Exercise input.

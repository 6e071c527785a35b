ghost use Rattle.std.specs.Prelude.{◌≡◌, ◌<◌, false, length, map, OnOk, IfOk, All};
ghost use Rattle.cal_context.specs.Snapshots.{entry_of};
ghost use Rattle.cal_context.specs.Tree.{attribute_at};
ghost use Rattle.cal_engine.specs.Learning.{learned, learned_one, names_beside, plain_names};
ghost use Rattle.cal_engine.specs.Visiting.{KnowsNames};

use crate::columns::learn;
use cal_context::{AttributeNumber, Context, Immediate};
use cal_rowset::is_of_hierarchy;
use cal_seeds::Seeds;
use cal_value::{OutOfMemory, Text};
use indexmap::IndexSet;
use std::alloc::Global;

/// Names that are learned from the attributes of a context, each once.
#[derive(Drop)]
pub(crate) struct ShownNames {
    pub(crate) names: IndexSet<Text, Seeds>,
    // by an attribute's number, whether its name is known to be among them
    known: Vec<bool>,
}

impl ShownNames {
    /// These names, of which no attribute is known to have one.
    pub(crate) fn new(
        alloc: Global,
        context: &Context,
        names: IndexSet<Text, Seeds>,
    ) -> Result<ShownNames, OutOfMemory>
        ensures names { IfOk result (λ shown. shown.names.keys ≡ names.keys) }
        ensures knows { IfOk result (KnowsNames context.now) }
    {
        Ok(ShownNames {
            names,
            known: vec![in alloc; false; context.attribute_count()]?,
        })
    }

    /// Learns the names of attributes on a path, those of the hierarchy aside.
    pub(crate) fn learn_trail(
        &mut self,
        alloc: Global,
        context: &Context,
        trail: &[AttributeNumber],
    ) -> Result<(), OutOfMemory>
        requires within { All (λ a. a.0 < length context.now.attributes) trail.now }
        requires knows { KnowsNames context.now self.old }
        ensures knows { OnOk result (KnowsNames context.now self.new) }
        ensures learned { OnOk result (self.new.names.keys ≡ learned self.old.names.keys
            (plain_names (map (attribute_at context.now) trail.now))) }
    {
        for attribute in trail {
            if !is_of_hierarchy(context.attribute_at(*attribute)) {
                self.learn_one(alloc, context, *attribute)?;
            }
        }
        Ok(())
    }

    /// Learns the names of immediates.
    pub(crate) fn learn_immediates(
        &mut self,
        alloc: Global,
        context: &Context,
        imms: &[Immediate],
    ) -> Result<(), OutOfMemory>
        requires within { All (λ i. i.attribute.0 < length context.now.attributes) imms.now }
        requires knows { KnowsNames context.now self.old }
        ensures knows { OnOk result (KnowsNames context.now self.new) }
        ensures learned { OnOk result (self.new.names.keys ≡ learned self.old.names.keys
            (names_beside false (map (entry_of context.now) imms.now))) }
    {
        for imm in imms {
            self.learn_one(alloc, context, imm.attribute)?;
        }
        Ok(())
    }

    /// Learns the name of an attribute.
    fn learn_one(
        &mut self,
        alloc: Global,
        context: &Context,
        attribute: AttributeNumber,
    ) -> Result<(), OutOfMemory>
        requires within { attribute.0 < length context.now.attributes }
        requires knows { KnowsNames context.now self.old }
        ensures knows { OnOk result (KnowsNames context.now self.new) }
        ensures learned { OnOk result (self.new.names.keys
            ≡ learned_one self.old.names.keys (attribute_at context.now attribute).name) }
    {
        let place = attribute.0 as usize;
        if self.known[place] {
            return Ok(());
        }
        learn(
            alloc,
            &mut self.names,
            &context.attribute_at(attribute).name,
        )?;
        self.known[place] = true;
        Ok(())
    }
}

Action item. Type out all of the records again, exactly.

Result.
repository 6e071c527785a35b
ghost use Rattle.std.specs.Prelude.{◌≡◌, ◌<◌, false, length, map, OnOk, IfOk, All};
ghost use Rattle.cal_context.specs.Snapshots.{entry_of};
ghost use Rattle.cal_context.specs.Tree.{attribute_at};
ghost use Rattle.cal_engine.specs.Learning.{learned, learned_one, names_beside, plain_names};
ghost use Rattle.cal_engine.specs.Visiting.{KnowsNames};

use crate::columns::learn;
use cal_context::{AttributeNumber, Context, Immediate};
use cal_rowset::is_of_hierarchy;
use cal_seeds::Seeds;
use cal_value::{OutOfMemory, Text};
use indexmap::IndexSet;
use std::alloc::Global;

/// Names that are learned from the attributes of a context, each once.
#[derive(Drop)]
pub(crate) struct ShownNames {
    pub(crate) names: IndexSet<Text, Seeds>,
    // by an attribute's number, whether its name is known to be among them
    known: Vec<bool>,
}

impl ShownNames {
    /// These names, of which no attribute is known to have one.
    pub(crate) fn new(
        alloc: Global,
        context: &Context,
        names: IndexSet<Text, Seeds>,
    ) -> Result<ShownNames, OutOfMemory>
        ensures names { IfOk result (λ shown. shown.names.keys ≡ names.keys) }
        ensures knows { IfOk result (KnowsNames context.now) }
    {
        Ok(ShownNames {
            names,
            known: vec![in alloc; false; context.attribute_count()]?,
        })
    }

    /// Learns the names of attributes on a path, those of the hierarchy aside.
    pub(crate) fn learn_trail(
        &mut self,
        alloc: Global,
        context: &Context,
        trail: &[AttributeNumber],
    ) -> Result<(), OutOfMemory>
        requires within { All (λ a. a.0 < length context.now.attributes) trail.now }
        requires knows { KnowsNames context.now self.old }
        ensures knows { OnOk result (KnowsNames context.now self.new) }
        ensures learned { OnOk result (self.new.names.keys ≡ learned self.old.names.keys
            (plain_names (map (attribute_at context.now) trail.now))) }
    {
        for attribute in trail {
            if !is_of_hierarchy(context.attribute_at(*attribute)) {
                self.learn_one(alloc, context, *attribute)?;
            }
        }
        Ok(())
    }

    /// Learns the names of immediates.
    pub(crate) fn learn_immediates(
        &mut self,
        alloc: Global,
        context: &Context,
        imms: &[Immediate],
    ) -> Result<(), OutOfMemory>
        requires within { All (λ i. i.attribute.0 < length context.now.attributes) imms.now }
        requires knows { KnowsNames context.now self.old }
        ensures knows { OnOk result (KnowsNames context.now self.new) }
        ensures learned { OnOk result (self.new.names.keys ≡ learned self.old.names.keys
            (names_beside false (map (entry_of context.now) imms.now))) }
    {
        for imm in imms {
            self.learn_one(alloc, context, imm.attribute)?;
        }
        Ok(())
    }

    /// Learns the name of an attribute.
    fn learn_one(
        &mut self,
        alloc: Global,
        context: &Context,
        attribute: AttributeNumber,
    ) -> Result<(), OutOfMemory>
        requires within { attribute.0 < length context.now.attributes }
        requires knows { KnowsNames context.now self.old }
        ensures knows { OnOk result (KnowsNames context.now self.new) }
        ensures learned { OnOk result (self.new.names.keys
            ≡ learned_one self.old.names.keys (attribute_at context.now attribute).name) }
    {
        let place = attribute.0 as usize;
        if self.known[place] {
            return Ok(());
        }
        learn(
            alloc,
            &mut self.names,
            &context.attribute_at(attribute).name,
        )?;
        self.known[place] = true;
        Ok(())
    }
}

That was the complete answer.